In a composite lift stage including a main stage, a sub-stage, and a main control system,
Wherein the main stage includes a base structure, a fixed guide means for the main stage and a drive means for the main stage, wherein the base structure is a steel structure, the fixed guide means for the main stage is arranged at both ends of the base structure, The means include symmetrically arranged hydraulic cylinders and hydraulic drivers, the hydraulic cylinders being fixed to the primary truss below the base structure at the top of them, the base structure being supported and driven to move vertically using hydraulic jacking , The at least one lifting sub-stage is fixed on the platform surface of the base structure, and while the main stage is moving vertically, the sub-stage moves in the vertical direction together or alternatively the sub-stage moves independently, The above sub-stages are synchronous Various effects of the stage change are presented by controlling the combination of the sub-stages of the sub-stage and the sub-stages at different positions, and the side of each sub-stage is mounted with the LED screen, Wherein the video can be reproduced during the performance according to the story on the composite lift stage.

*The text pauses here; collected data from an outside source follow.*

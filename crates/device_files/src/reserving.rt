//! Device files that a command makes, and takes back where it is not done.
ghost use Rattle.std.specs.Prelude.{◌≡◌, ◌≢◌, ◌<◌, IfErr, IfOk, IsSome, IsSomeAnd, IsTrue, None, OnOk, Ok, length, map};
ghost use Rattle.std.specs.Prelude.{string_bytes, vec_len, ℕ};
ghost use Rattle.device_files.specs.declared.FolderFault.{FolderFault};
ghost use Rattle.device_files.specs.declared.locked.Before.{Before};
ghost use Rattle.device_files.specs.DeviceFiles.{AreOtherNotesKept, AreOthersKept, Begins, HasFile, IsCutBack};
ghost use Rattle.device_files.specs.DeviceFiles.{IsCutOrFailed, IsNoted, IsNotedOf, IsRenewedTo, IsTakenBack};
ghost use Rattle.device_files.specs.DeviceFiles.{IsTakenBackOrFailed, IsThere, StaysThere, before_in, file_in};
ghost use Rattle.device_files.specs.DeviceFiles.{lengthened, path_in, slot_path};
ghost use Rattle.device_files.specs.Faults.{IsFailedCreating, IsFileFaultOf};
ghost use Rattle.device_files.specs.SlotCalls.{LengthensSlot, RenewsSlot, TakesBack};

use super::growing::{Growing, lengthen, renew};
use super::slot_files::{CreateFault, SlotFiles};
use super::{Before, DeviceFiles, FolderFault, SLOTS, UndoLog, path_of};
use std::alloc::{AllocError, Global};
use std::io;

/// Creates the file of a slot (below 10, condition) where it was not opened, lengthens it by zero bytes where it is
/// shorter than so many, and syncs it. With `reserve` the zero bytes are appended, so that they have their room on the
/// device; without it the length is set, and they take room once they are written. No byte that is there is changed,
/// also where that fails, and what the file was is noted, so that `undo` takes it back.
///
/// `NoFile` where the file could not be created, lengthened or synced, `InUse` where another program has locked it,
/// each with this slot, and `Memory` where an allocation was refused.
pub fn lengthen_slot<D: SlotFiles>(
    alloc: Global,
    disk: &D,
    folder: &str,
    slot: u8,
    bytes: u64,
    files: &mut DeviceFiles<D::File>,
    reserve: bool,
) -> Result<(), FolderFault>
    requires { slot < 10 }
    ensures { LengthensSlot D.File.tells D.File.told D.File.is_safe D.File.has_failed (D.creates disk.now)
        folder.now slot bytes files.old.files.items files.new.files.items files.old.before files.new.before result }
{
    create_absent(alloc, disk, folder, slot, files)?;
    let at = slot as usize;
    files.before[at] = noted(files.before[at], bytes, &files.files[at]);
    lengthen_file(slot, bytes, &mut files.files[at], reserve)
}

// Lengthens the file of a slot, and syncs it. `NoFile` where that failed, or there is none.
fn lengthen_file<G: Growing>(
    slot: u8,
    bytes: u64,
    file: &mut Option<G>,
    reserve: bool,
) -> Result<(), FolderFault>
    ensures long { IsTrue G.tells → OnOk result
        (HasFile file.old file.new (λ old new. G.told new ≡ lengthened bytes (G.told old))) }
    ensures kept { IsTrue G.tells → StaysThere file.old file.new (λ old new. Begins (G.told old) (G.told new)) }
    ensures safe { OnOk result (IsSomeAnd file.new G.is_safe) }
    ensures fault { IfErr result (λ fault. fault ≡ FolderFault.NoFile slot) }
    ensures failed { IsSome file.old → IfErr result (λ _. IsSomeAnd file.new G.has_failed) }
{
    let Some(file) = file else {
        return Err(FolderFault::NoFile(slot));
    };
    lengthen(file, bytes, reserve).map_err(|_| FolderFault::NoFile(slot))
}

/// Creates the file of a slot (below 10, condition) where it was not opened, and syncs it. Where it was shorter than so
/// many bytes, it has so many then, all of them zero; one that is long enough is not changed. Only that it was created
/// is noted.
///
/// Refused as `lengthen_slot` is; the file may be empty or shorter then.
pub fn renew_slot<D: SlotFiles>(
    alloc: Global,
    disk: &D,
    folder: &str,
    slot: u8,
    bytes: u64,
    files: &mut DeviceFiles<D::File>,
) -> Result<(), FolderFault>
    requires { slot < 10 }
    ensures made { RenewsSlot D.File.tells D.File.told D.File.is_safe D.File.has_failed (D.creates disk.now)
        folder.now slot bytes files.old.files.items files.new.files.items result }
    ensures noted { IsNotedOf D.File.told (D.creates disk.now (slot_path folder.now slot)) 0
        (before_in files.old.before slot) (file_in files.old.files.items slot) (file_in files.new.files.items slot)
        (before_in files.new.before slot) }
    ensures other_notes { AreOtherNotesKept files.old.before files.new.before slot }
    ensures fault { IfErr result (IsFileFaultOf slot) }
    ensures blamed { IfErr result (λ fault. fault ≢ FolderFault.NoFile slot
        → IsFailedCreating (λ other. D.creates disk.now (slot_path folder.now other)) fault) }
{
    create_absent(alloc, disk, folder, slot, files)?;
    renew_file(slot, bytes, &mut files.files[slot as usize])
}

// Makes the file of a slot anew where it is too short, and syncs it. `NoFile` where that failed, or there is none.
fn renew_file<G: Growing>(slot: u8, bytes: u64, file: &mut Option<G>) -> Result<(), FolderFault>
    ensures renewed { IsTrue G.tells → OnOk result
        (HasFile file.old file.new (λ old new. IsRenewedTo bytes (G.told old) (G.told new))) }
    ensures safe { OnOk result (IsSomeAnd file.new G.is_safe) }
    ensures fault { IfErr result (λ fault. fault ≡ FolderFault.NoFile slot) }
    ensures failed { IsSome file.old → IfErr result (λ _. IsSomeAnd file.new G.has_failed) }
{
    let Some(file) = file else {
        return Err(FolderFault::NoFile(slot));
    };
    renew(file, bytes).map_err(|_| FolderFault::NoFile(slot))
}

// Creates and locks the file of a slot where it was not opened.
fn create_absent<D: SlotFiles>(
    alloc: Global,
    disk: &D,
    folder: &str,
    slot: u8,
    files: &mut DeviceFiles<D::File>,
) -> Result<(), FolderFault>
    requires { slot < 10 }
    ensures there { OnOk result (IsThere (λ made. D.creates disk.now (slot_path folder.now slot)
        (Ok (made, before_in files.new.before slot)))
        (file_in files.old.files.items slot) (file_in files.new.files.items slot)) }
    ensures opened { IsSome (file_in files.old.files.items slot) → files.new ≡ files.old }
    ensures others { AreOthersKept files.old.files.items files.new.files.items slot }
    ensures other_notes { AreOtherNotesKept files.old.before files.new.before slot }
    ensures absent { IfErr result (λ _. file_in files.old.files.items slot ≡ None) }
    ensures untouched { IfErr result (λ _. files.new ≡ files.old) }
    ensures fault { IfErr result (IsFileFaultOf slot) }
    ensures blamed { IfErr result (IsFailedCreating (λ other. D.creates disk.now (slot_path folder.now other))) }
{
    if files.files[slot as usize].is_some() {
        return Ok(());
    }
    let (file, before) = create(alloc, disk, folder, slot)?;
    files.files[slot as usize] = Some(file);
    files.before[slot as usize] = before;
    Ok(())
}

// Creates and locks the file of a slot, and says what it was before.
fn create<D: SlotFiles>(
    alloc: Global,
    disk: &D,
    folder: &str,
    slot: u8,
) -> Result<(D::File, Before), FolderFault>
    ensures created { IfOk result (λ made. D.creates disk.now (slot_path folder.now slot) (Ok made)) }
    ensures fault { IfErr result (IsFileFaultOf slot) }
    ensures blamed { IfErr result (IsFailedCreating (λ other. D.creates disk.now (slot_path folder.now other))) }
{
    let path = path_of(alloc, folder, slot)?;
    match disk.create(path.as_str()) {
        Ok(made) => Ok(made),
        Err(CreateFault::Failed) => Err(FolderFault::NoFile(slot)),
        Err(CreateFault::Busy) => Err(FolderFault::InUse(slot)),
    }
}

// What is noted of a file that is to be lengthened to so many bytes: how long it is, where nothing was noted of it and
// it is shorter.
fn noted<G: Growing>(before: Before, bytes: u64, file: &Option<G>) -> Before
    ensures { IsTrue G.tells → IsNoted G.told before bytes file.now result }
{
    if before != Before::Same {
        return before;
    }
    let Some(file) = file else {
        return before;
    };
    match file.size() {
        Ok(size) if size < bytes => Before::Shorter(size),
        _ => before,
    }
}

/// The paths of the files of a folder's ten slots. Who has them can take back what was made without memory.
#[derive(Drop)]
pub struct SlotPaths {
    paths: Vec<String>,
    ghost ten: { vec_len paths ≡ 10 },
}

/// The paths of the files of a folder. `AllocError` where an allocation was refused.
pub fn slot_paths(alloc: Global, folder: &str) -> Result<SlotPaths, AllocError>
    ensures { IfOk result (λ paths. (slot : ℕ) → slot < 10
        → path_in (map string_bytes paths.paths.items) slot ≡ slot_path folder.now slot) }
{
    let mut paths = Vec::with_capacity(alloc, SLOTS)?;
    for slot in 0..SLOTS as u8 {
        paths.push(path_of(alloc, folder, slot)?)?;
    }
    Ok(SlotPaths { paths })
}

/// Takes back what a command that was not done made of the files of a folder's slots, as it was noted: each that it
/// created is removed and closed, and each that it lengthened is cut to the bytes that it had. Where that can't be done
/// with one, it is done with the others all the same, and the error is the first one of the system's.
pub fn undo<D: SlotFiles>(
    disk: &D,
    paths: &SlotPaths,
    log: UndoLog,
    files: &mut [Option<D::File>],
) -> io::Result<()>
    ensures { TakesBack D.File.tells D.File.told D.File.has_failed (D.removes disk.now)
        (map string_bytes paths.now.paths.items) files.old files.new log.before result }
{
    let mut done = Ok(());
    for slot in 0..SLOTS {
        let path = paths.paths[slot].as_str();
        done = done.and(undo_slot(disk, path, slot, log.before[slot], files));
    }
    done
}

// The same of the file of a slot, which has this path, and of which this was noted.
fn undo_slot<D: SlotFiles>(
    disk: &D,
    path: &str,
    slot: usize,
    before: Before,
    files: &mut [Option<D::File>],
) -> io::Result<()>
    ensures undone { IsTrue D.File.tells → OnOk result (IsTakenBack D.File.told
        (D.removes disk.now path.now (Ok tt)) before (file_in files.old slot) (file_in files.new slot)) }
    ensures each { IsTakenBackOrFailed D.File.tells D.File.told D.File.has_failed (D.removes disk.now path.now)
        before (file_in files.old slot) (file_in files.new slot) }
    ensures same { before ≡ Before.Same → file_in files.new slot ≡ file_in files.old slot }
    ensures others { AreOthersKept files.old files.new slot }
    ensures long { length files.new ≡ length files.old }
{
    if slot >= files.len() {
        return undo_file(disk, path, before, &mut None);
    }
    undo_file(disk, path, before, &mut files[slot])
}

// The same of a file.
fn undo_file<D: SlotFiles>(
    disk: &D,
    path: &str,
    before: Before,
    file: &mut Option<D::File>,
) -> io::Result<()>
    ensures undone { IsTrue D.File.tells → OnOk result (IsTakenBack D.File.told
        (D.removes disk.now path.now (Ok tt)) before file.old file.new) }
    ensures each { IsTakenBackOrFailed D.File.tells D.File.told D.File.has_failed (D.removes disk.now path.now)
        before file.old file.new }
    ensures same { before ≡ Before.Same → file.new ≡ file.old }
    ensures none { file.old ≡ None → file.new ≡ None }
{
    if before == Before::Absent {
        *file = None;
        return disk.remove(path);
    }
    cut_back(before, file)
}

// Cuts a file that was lengthened to the bytes that it had.
fn cut_back<G: Growing>(before: Before, file: &mut Option<G>) -> io::Result<()>
    ensures cut { IsTrue G.tells → OnOk result (IsCutBack G.told before file.old file.new) }
    ensures each { IsCutOrFailed G.tells G.told G.has_failed before file.old file.new }
    ensures same { before ≡ Before.Same → file.new ≡ file.old }
    ensures none { file.old ≡ None → file.new ≡ None }
{
    match (before, file) {
        (Before::Shorter(bytes), Some(file)) => file.cut(bytes),
        _ => Ok(()),
    }
}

2. A composite according to claim 1, wherein the fixed guide means for the main stage comprises a stationary support and a guide rail arranged thereon, the base structure having both ends thereof designed to have guide shoe mating with the guide rails Lift stage.
2. The method of claim 1, wherein the sub-stage has a sub-stage support structure, a sub-stage framework structure and sub-stage drive means, wherein the sub-stage support structure is fixed on a platform surface of the base structure, The sub-stage framework structure is rectangular in shape with the guide wheels fixed on the frames of the four inner corners, and at the four outer corners of the sub-stage support structure, the guide rails are aligned with the guide wheels And the substage drive means is mounted on the platform surface of the base structure for driving using a winch having a steel wire rope connected to four frameworks of the substage framework structure.
4. The composite structure of claim 3, wherein both inner sides of each corner of the substage framework structure have guide wheels and both outer sides of each corner of the substage support structure comprise guide rails stage.
The motorcycle according to claim 3 or 4, wherein a motor of a winch having a steel wire rope is arranged at an intermediate position, the power of the motor is divided into two parts by a power split gearbox and a transmission shaft, And is distributed to the end steel wire rope rollers through the box.
4. The composite lift stage of claim 3, wherein all four sides of the substage framework structure have a depth of 150 mm, and the four sides are mounted with the LED screen.
2. The apparatus according to claim 1, wherein the driving means for lifting and lowering the main stage uses eight hydraulic cylinders balanced by a position encoder and a load sensor, and the hydraulic cylinder is moved to a limited position where the lifting and lowering stage can reach, Wherein a movement switch is provided to set different positions within the range of movement and the safety side detector device is arranged below the side of the base structure.
The composite lift stage according to claim 1, wherein the main stage has a length of 18 m to 33 m, a width of 3 m to 6 m, and a lift of the main stage of 15.5 m.
9. The multiple lift stage according to claim 8, wherein the sub-stage is divided into two columns of 11 columns in each column having a cross-sectional area of 3 m x 3 m and a lift range for the main stage of 4 m.
The composite lift stage according to claim 1, wherein the sub-stage is fixed on a platform surface of the main stage in a chess plate-like manner.